··· DATA FOR ANALYSIS

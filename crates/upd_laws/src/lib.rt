//! Laws of whole runs: what holds of every library that runs can reach, and what purging back undoes.
//!
//! Each function has an empty body. Each clause of it is a law about the definitions that other contracts cite.
#![tactic(auto)]

pub mod compile_lines;
pub mod numbers;
pub mod purging_back;
pub mod read_runs;
pub mod soundness;
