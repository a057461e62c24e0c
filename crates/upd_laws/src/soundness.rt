//! The invariant of libraries, and of the states within a run.
ghost use Rattle.std.specs.Prelude.{◌≡◌, ℕ, Bool, IsTrue, List, Some, Ok, Err};
ghost use Rattle.upd_core.specs.Edits.{purged};
ghost use Rattle.upd_core.specs.Library.{LibraryView, empty};
ghost use Rattle.upd_core.specs.Limits.{is_within_limits};
ghost use Rattle.upd_core.specs.Sound.{Continues, IsSound, IsWhole};
ghost use Rattle.upd_core.specs.Status.{IsAged};
ghost use Rattle.upd_deck.specs.Items.{LineView, Text};
ghost use Rattle.upd_text.specs.declared.fault.FaultKind.TheVariants as fault;
ghost use Rattle.upd_apply.specs.declared.CurrentSet.{CurrentSet};
ghost use Rattle.upd_apply.specs.declared.state.InsertPoint.TheVariants.{Nowhere, Inside};
ghost use Rattle.upd_apply.specs.declared.state.State.{State};
ghost use Rattle.upd_apply.specs.Applying.{Reached, applied, started, stepped};
ghost use Rattle.upd_apply.specs.Step.{carried_out, judged, step};
ghost use Rattle.upd_laws.specs.KeptCards.{KeepsCards};
ghost use Rattle.upd_laws.specs.Soundness.{after_runs, IsSoundState};

/// Each line keeps a state sound. The state before the first line is sound where its library is.
pub fn lines_keep_states_sound()
    ensures started { (l : LibraryView) → IsSound l → IsSoundState (started l) }
    ensures kept { (line : LineView) (s t : State) → IsSoundState s → step line s ≡ Ok t → IsSoundState t }
    ensures all { (lines : List LineView) (s t : State) → IsSoundState s → stepped lines s ≡ Ok t → IsSoundState t }
{}

/// In a run, text inside a deck has a set in hand, and is refused as TextNowhere only where there is no insert point.
pub fn text_inside_has_a_set_in_hand()
    ensures in_hand { (lines : List LineView) (l : LibraryView) (s : State) (d after : ℕ) → IsSound l
        → stepped lines (started l) ≡ Ok s
        → s.insert_point ≡ Inside d after → (h : CurrentSet) × (s.current_set ≡ Some h) }
    ensures nowhere { (lines : List LineView) (l : LibraryView) (s : State) (text : List ℕ) → IsSound l
        → stepped lines (started l) ≡ Ok s
        → carried_out (judged Text text s) s ≡ Err fault.TextNowhere → s.insert_point ≡ Nowhere }
{}

/// A run keeps a sound library sound, and so does a purge of any idents. A whole library stays whole.
pub fn runs_keep_libraries_sound()
    ensures run { (lines : List LineView) (l : LibraryView) (r : Reached) → IsSound l → applied lines l ≡ Ok r
        → IsSound r.library }
    ensures whole { (lines : List LineView) (l : LibraryView) (r : Reached) → IsWhole l → applied lines l ≡ Ok r
        → IsWhole r.library }
    ensures purge { (gone : ℕ → Bool) (l : LibraryView) → IsSound l → IsSound (purged gone l) }
{}

/// In each deck a run leaves the cards that it had, in their order and with their texts and targets, but for all cards of
/// some idents, those that it purged there; every other card of the deck is of a new ident.
pub fn old_cards_keep_their_order()
    ensures { (lines : List LineView) (l : LibraryView) (r : Reached) (d : ℕ) → applied lines l ≡ Ok r
        → KeepsCards l r.library d }
{}

/// Each library that runs can reach is sound, so its yank cards are in order of serial.
pub fn reached_libraries_are_sound()
    ensures empty { IsSound empty }
    ensures sound { (runs : List (List LineView)) → IsSound (after_runs runs empty) }
    ensures aged { (runs : List (List LineView)) → IsAged (after_runs runs empty).yanks }
{}

/// Each library that runs can reach is within the limits.
pub fn reached_libraries_are_within_limits()
    ensures run { (lines : List LineView) (l : LibraryView) (r : Reached) → IsTrue (is_within_limits l)
        → applied lines l ≡ Ok r
        → IsTrue (is_within_limits r.library) }
    ensures reached { (runs : List (List LineView)) → IsTrue (is_within_limits (after_runs runs empty)) }
    ensures purge { (gone : ℕ → Bool) (l : LibraryView) → IsTrue (is_within_limits l)
        → IsTrue (is_within_limits (purged gone l)) }
{}

/// The directory is only extended: idents are appended, and purged ones are no longer held.
pub fn directories_go_on()
    ensures line { (line : LineView) (s t : State) → step line s ≡ Ok t → Continues s.library.idents t.library.idents }
    ensures run { (lines : List LineView) (l : LibraryView) (r : Reached) → applied lines l ≡ Ok r
        → Continues l.idents r.library.idents }
    ensures runs { (runs : List (List LineView)) (l : LibraryView) → Continues l.idents (after_runs runs l).idents }
    ensures purge { (gone : ℕ → Bool) (l : LibraryView) → Continues l.idents (purged gone l).idents }
{}
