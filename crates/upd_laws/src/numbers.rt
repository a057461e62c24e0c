//! The card numbers that a run assigns, and the limits.
ghost use Rattle.std.specs.Prelude.{◌≡◌, ℕ, ◌+◌, List, Ok, Some};
ghost use Rattle.upd_text.specs.declared.limits.TheConstants.{MAX_CALLS, MAX_CARDS, MAX_COMPILE_LINES, MAX_DEPTH};
ghost use Rattle.upd_text.specs.declared.limits.TheConstants.{MAX_ENTRIES, MAX_HELD, MAX_INTRODUCED, MAX_LINE_BYTES};
ghost use Rattle.upd_text.specs.declared.limits.TheConstants.{MAX_NAME_BYTES, MAX_NUMBER_DIGITS, MAX_RUN_BYTES, MAX_RUN_LINES};
ghost use Rattle.upd_text.specs.declared.limits.TheConstants.{MAX_TARGETS};
ghost use Rattle.upd_core.specs.Library.{LibraryView};
ghost use Rattle.upd_core.specs.Sound.{IsSound};
ghost use Rattle.upd_deck.specs.Items.{LineView};
ghost use Rattle.upd_apply.specs.declared.CurrentSet.{CurrentSet};
ghost use Rattle.upd_apply.specs.declared.state.InsertPoint.TheVariants.{End};
ghost use Rattle.upd_apply.specs.declared.state.State.{State};
ghost use Rattle.upd_apply.specs.Applying.{started, stepped};
ghost use Rattle.upd_laws.specs.Soundness.{count_of};

/// The next card number of the current set, or of the deck whose end is the insertion point, is one more than the
/// number of its cards in the library.
pub fn next_numbers_count_cards()
    ensures current_set { (lines : List LineView) (l : LibraryView) (s : State) (current_set : CurrentSet) → IsSound l
        → stepped lines (started l) ≡ Ok s
        → s.current_set ≡ Some current_set → current_set.next ≡ count_of current_set.ident s.library + 1 }
    ensures end { (lines : List LineView) (l : LibraryView) (s : State) (d next : ℕ) → IsSound l
        → stepped lines (started l) ≡ Ok s
        → s.insert_point ≡ End d next → next ≡ count_of d s.library + 1 }
{}

/// The limits, as numbers.
pub fn limits_are_these()
    ensures run { (MAX_RUN_BYTES ≡ 65536) × (MAX_RUN_LINES ≡ 2000) × (MAX_LINE_BYTES ≡ 80) }
    ensures name { (MAX_NAME_BYTES ≡ 9) × (MAX_NUMBER_DIGITS ≡ 6) }
    ensures library { (MAX_HELD ≡ 4096) × (MAX_INTRODUCED ≡ 65536) × (MAX_CARDS ≡ 50000)
        × (MAX_ENTRIES ≡ 200000) × (MAX_TARGETS ≡ 100000) }
    ensures compile_file { (MAX_COMPILE_LINES ≡ 10000) × (MAX_CALLS ≡ 10000) × (MAX_DEPTH ≡ 8) }
{}
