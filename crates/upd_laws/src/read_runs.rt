//! The names, texts and numbers in libraries that runs have made.
ghost use Rattle.std.specs.Prelude.{◌≡◌, ℕ, Bool, List, Ok};
ghost use Rattle.std.specs.List.{AllByRecursion};
ghost use Rattle.upd_core.specs.Edits.{purged};
ghost use Rattle.upd_core.specs.Library.{LibraryView, empty};
ghost use Rattle.upd_deck.specs.Items.{LineView};
ghost use Rattle.upd_apply.specs.Applying.{Reached, applied};
ghost use Rattle.upd_laws.specs.ReadRuns.{HasLineTexts, WereRead};
ghost use Rattle.upd_laws.specs.Soundness.{after_runs};

/// Runs that `read_run` accepts introduce valid names, and cards with texts of lines and numbers from 1 to 2,000.
pub fn read_runs_bring_cards_of_lines()
    ensures run { (lines : List LineView) (l : LibraryView) (r : Reached) → WereRead lines → HasLineTexts l
        → applied lines l ≡ Ok r → HasLineTexts r.library }
    ensures reached { (runs : List (List LineView)) → AllByRecursion WereRead runs
        → HasLineTexts (after_runs runs empty) }
    ensures purge { (gone : ℕ → Bool) (l : LibraryView) → HasLineTexts l → HasLineTexts (purged gone l) }
{}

······

Which lines above hold the word "gone"? Copy each of them.

    ensures purge { (gone : ℕ → Bool) (l : LibraryView) → IsSound l → IsSound (purged gone l) }
    ensures purge { (gone : ℕ → Bool) (l : LibraryView) → IsTrue (is_within_limits l)
        → IsTrue (is_within_limits (purged gone l)) }
    ensures purge { (gone : ℕ → Bool) (l : LibraryView) → Continues l.idents (purged gone l).idents }
    ensures purge { (gone : ℕ → Bool) (l : LibraryView) → HasLineTexts l → HasLineTexts (purged gone l) }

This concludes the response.